▶ **Task prompt**
Search the data below for the string "unfolding". Extract every line that contains it.

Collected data
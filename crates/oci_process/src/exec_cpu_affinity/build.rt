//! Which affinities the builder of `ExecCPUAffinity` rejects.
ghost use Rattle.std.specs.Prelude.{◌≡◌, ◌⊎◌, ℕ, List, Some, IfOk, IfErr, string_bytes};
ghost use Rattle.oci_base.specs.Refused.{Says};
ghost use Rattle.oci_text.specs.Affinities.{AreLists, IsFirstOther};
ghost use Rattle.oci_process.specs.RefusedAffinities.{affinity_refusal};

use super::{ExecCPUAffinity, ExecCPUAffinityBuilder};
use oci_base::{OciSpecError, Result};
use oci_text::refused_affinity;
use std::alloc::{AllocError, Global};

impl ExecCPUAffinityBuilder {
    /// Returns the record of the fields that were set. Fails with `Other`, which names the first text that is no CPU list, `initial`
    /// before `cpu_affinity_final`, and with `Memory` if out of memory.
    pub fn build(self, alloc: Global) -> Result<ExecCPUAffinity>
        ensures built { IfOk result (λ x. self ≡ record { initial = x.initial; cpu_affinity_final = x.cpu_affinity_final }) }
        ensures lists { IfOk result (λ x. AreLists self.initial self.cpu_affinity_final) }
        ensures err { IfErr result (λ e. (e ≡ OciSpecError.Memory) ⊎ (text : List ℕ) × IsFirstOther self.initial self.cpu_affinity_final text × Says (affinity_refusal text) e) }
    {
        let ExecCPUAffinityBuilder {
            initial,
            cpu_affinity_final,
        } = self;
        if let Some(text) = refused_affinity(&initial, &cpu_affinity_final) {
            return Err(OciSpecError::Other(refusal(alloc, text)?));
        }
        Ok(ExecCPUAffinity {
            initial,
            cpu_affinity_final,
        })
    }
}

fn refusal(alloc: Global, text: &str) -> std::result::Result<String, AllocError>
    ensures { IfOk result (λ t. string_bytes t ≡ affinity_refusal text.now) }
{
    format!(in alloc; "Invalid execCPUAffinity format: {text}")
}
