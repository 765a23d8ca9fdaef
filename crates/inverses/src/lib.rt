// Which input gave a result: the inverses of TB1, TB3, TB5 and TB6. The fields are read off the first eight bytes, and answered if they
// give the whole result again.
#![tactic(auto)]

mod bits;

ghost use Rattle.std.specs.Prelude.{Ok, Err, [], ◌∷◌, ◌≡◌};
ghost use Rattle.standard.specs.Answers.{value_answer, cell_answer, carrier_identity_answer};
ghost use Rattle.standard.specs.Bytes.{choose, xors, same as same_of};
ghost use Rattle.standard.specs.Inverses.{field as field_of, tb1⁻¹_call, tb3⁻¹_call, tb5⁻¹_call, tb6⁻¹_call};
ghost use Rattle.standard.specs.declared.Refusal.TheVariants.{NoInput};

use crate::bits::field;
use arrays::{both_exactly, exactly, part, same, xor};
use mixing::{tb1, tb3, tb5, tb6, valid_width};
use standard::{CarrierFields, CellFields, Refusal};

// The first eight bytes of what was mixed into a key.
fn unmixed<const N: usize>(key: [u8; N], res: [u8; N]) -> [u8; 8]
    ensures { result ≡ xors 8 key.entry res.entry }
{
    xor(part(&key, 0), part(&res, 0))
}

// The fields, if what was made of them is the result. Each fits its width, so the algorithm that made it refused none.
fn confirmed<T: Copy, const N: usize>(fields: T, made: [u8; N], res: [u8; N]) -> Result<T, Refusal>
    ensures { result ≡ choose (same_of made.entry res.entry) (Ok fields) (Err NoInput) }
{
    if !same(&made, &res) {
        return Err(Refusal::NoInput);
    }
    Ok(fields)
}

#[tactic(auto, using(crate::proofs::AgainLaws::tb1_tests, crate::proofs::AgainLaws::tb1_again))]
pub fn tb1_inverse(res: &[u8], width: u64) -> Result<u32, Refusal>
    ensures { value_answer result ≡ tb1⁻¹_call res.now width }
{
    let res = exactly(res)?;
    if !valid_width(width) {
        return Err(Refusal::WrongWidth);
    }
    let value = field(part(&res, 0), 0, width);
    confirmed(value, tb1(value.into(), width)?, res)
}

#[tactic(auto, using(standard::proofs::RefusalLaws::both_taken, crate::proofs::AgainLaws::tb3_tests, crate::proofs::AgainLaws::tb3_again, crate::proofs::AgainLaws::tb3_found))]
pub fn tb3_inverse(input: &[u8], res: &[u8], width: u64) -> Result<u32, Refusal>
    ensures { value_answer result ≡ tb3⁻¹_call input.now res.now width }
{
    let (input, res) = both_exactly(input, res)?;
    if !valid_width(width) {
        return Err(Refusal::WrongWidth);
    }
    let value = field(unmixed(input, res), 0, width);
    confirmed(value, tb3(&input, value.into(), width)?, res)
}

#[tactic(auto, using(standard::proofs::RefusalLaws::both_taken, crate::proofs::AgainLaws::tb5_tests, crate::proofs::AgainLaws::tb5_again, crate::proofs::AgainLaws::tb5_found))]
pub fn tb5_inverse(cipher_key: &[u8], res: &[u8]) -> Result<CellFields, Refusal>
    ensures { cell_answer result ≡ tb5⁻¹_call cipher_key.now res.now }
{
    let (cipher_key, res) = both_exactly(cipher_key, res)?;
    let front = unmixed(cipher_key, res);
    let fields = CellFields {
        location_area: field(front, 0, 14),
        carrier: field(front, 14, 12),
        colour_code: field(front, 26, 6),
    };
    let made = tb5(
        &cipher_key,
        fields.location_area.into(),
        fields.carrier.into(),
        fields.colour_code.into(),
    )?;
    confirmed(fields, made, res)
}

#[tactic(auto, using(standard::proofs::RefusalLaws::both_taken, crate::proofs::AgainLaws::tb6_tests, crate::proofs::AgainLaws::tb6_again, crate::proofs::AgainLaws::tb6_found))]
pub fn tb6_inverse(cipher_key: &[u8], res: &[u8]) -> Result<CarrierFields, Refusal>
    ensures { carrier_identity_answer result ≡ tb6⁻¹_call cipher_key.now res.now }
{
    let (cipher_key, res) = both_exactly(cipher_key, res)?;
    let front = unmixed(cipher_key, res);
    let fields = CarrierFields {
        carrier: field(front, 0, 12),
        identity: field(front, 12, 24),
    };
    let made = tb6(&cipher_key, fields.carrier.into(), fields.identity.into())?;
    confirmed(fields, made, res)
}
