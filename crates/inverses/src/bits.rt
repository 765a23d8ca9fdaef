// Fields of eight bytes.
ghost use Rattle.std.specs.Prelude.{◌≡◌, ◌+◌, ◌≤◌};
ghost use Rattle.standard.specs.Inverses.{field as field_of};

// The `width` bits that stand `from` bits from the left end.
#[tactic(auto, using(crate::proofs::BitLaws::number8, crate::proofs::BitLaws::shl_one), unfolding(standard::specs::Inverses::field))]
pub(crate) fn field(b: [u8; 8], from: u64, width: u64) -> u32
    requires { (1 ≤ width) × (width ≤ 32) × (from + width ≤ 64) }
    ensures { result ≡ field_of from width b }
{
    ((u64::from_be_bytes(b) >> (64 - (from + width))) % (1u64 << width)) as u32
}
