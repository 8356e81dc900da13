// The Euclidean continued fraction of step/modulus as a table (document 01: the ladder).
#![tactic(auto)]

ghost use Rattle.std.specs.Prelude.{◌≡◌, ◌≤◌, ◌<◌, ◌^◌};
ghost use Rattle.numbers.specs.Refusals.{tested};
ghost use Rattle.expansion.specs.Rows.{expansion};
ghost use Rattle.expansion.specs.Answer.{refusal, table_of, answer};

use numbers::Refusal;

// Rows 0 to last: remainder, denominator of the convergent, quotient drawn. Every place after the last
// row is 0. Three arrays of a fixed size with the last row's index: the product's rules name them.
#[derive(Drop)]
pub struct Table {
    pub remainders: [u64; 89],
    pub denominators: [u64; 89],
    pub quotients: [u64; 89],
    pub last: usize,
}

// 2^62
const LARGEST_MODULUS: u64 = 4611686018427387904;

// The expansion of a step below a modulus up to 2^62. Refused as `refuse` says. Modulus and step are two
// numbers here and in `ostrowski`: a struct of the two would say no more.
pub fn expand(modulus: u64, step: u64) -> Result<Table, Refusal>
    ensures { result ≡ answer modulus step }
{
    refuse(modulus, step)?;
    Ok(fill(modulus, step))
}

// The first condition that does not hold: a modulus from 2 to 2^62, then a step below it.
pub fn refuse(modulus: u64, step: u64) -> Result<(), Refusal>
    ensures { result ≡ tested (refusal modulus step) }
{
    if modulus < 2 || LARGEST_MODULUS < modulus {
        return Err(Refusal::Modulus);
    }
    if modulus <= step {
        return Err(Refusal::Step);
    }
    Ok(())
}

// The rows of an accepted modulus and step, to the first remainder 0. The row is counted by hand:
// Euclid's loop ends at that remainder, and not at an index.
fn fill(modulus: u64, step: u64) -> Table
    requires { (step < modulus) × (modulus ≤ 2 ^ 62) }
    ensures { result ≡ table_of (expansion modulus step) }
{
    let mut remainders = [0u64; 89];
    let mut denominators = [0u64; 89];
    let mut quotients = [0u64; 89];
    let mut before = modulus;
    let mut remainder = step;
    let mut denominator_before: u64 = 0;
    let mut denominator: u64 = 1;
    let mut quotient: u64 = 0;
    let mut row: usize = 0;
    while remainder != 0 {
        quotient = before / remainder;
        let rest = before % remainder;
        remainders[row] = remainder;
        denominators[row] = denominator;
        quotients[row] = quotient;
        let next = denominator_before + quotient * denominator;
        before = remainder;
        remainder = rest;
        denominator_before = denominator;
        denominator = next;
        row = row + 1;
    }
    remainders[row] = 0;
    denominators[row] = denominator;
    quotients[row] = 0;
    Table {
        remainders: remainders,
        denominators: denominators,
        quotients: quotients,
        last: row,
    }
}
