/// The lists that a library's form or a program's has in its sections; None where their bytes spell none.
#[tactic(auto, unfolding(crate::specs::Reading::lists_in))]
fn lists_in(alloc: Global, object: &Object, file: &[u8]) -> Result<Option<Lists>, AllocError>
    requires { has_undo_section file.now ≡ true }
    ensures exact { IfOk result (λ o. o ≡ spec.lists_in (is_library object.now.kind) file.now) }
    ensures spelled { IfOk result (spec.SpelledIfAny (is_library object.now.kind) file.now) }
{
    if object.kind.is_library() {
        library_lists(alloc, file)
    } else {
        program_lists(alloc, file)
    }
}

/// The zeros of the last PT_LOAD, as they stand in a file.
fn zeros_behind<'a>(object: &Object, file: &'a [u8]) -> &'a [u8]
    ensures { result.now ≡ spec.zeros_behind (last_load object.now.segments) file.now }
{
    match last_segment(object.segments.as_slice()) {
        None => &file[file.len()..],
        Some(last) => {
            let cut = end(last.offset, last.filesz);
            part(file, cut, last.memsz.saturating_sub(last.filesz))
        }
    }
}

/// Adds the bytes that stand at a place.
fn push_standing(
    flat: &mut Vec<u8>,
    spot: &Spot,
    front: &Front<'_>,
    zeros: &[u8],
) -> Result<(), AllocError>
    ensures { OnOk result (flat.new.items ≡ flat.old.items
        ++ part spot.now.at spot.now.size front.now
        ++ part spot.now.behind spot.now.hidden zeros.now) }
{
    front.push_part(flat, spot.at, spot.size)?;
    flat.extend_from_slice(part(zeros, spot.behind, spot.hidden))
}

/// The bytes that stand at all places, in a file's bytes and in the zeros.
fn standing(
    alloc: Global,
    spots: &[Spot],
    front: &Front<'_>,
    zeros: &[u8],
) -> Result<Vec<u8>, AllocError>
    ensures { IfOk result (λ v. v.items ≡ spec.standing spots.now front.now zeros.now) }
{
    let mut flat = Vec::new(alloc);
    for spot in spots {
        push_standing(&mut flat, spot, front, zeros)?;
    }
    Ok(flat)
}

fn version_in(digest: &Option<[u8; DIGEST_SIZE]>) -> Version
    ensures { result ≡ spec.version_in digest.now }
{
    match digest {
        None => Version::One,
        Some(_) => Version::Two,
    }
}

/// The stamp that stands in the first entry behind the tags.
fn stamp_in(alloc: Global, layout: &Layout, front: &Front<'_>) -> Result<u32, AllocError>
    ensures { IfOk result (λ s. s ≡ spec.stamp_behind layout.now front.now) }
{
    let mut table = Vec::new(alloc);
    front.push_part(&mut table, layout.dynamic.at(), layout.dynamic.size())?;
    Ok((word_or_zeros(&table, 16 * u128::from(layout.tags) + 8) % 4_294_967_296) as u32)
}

▶ **Result below**
#[tactic(auto, using(crate::proofs::BitLaws::number8, crate::proofs::BitLaws::shl_one), unfolding(standard::specs::Inverses::field))]
#[tactic(auto, unfolding(crate::specs::Reading::lists_in))]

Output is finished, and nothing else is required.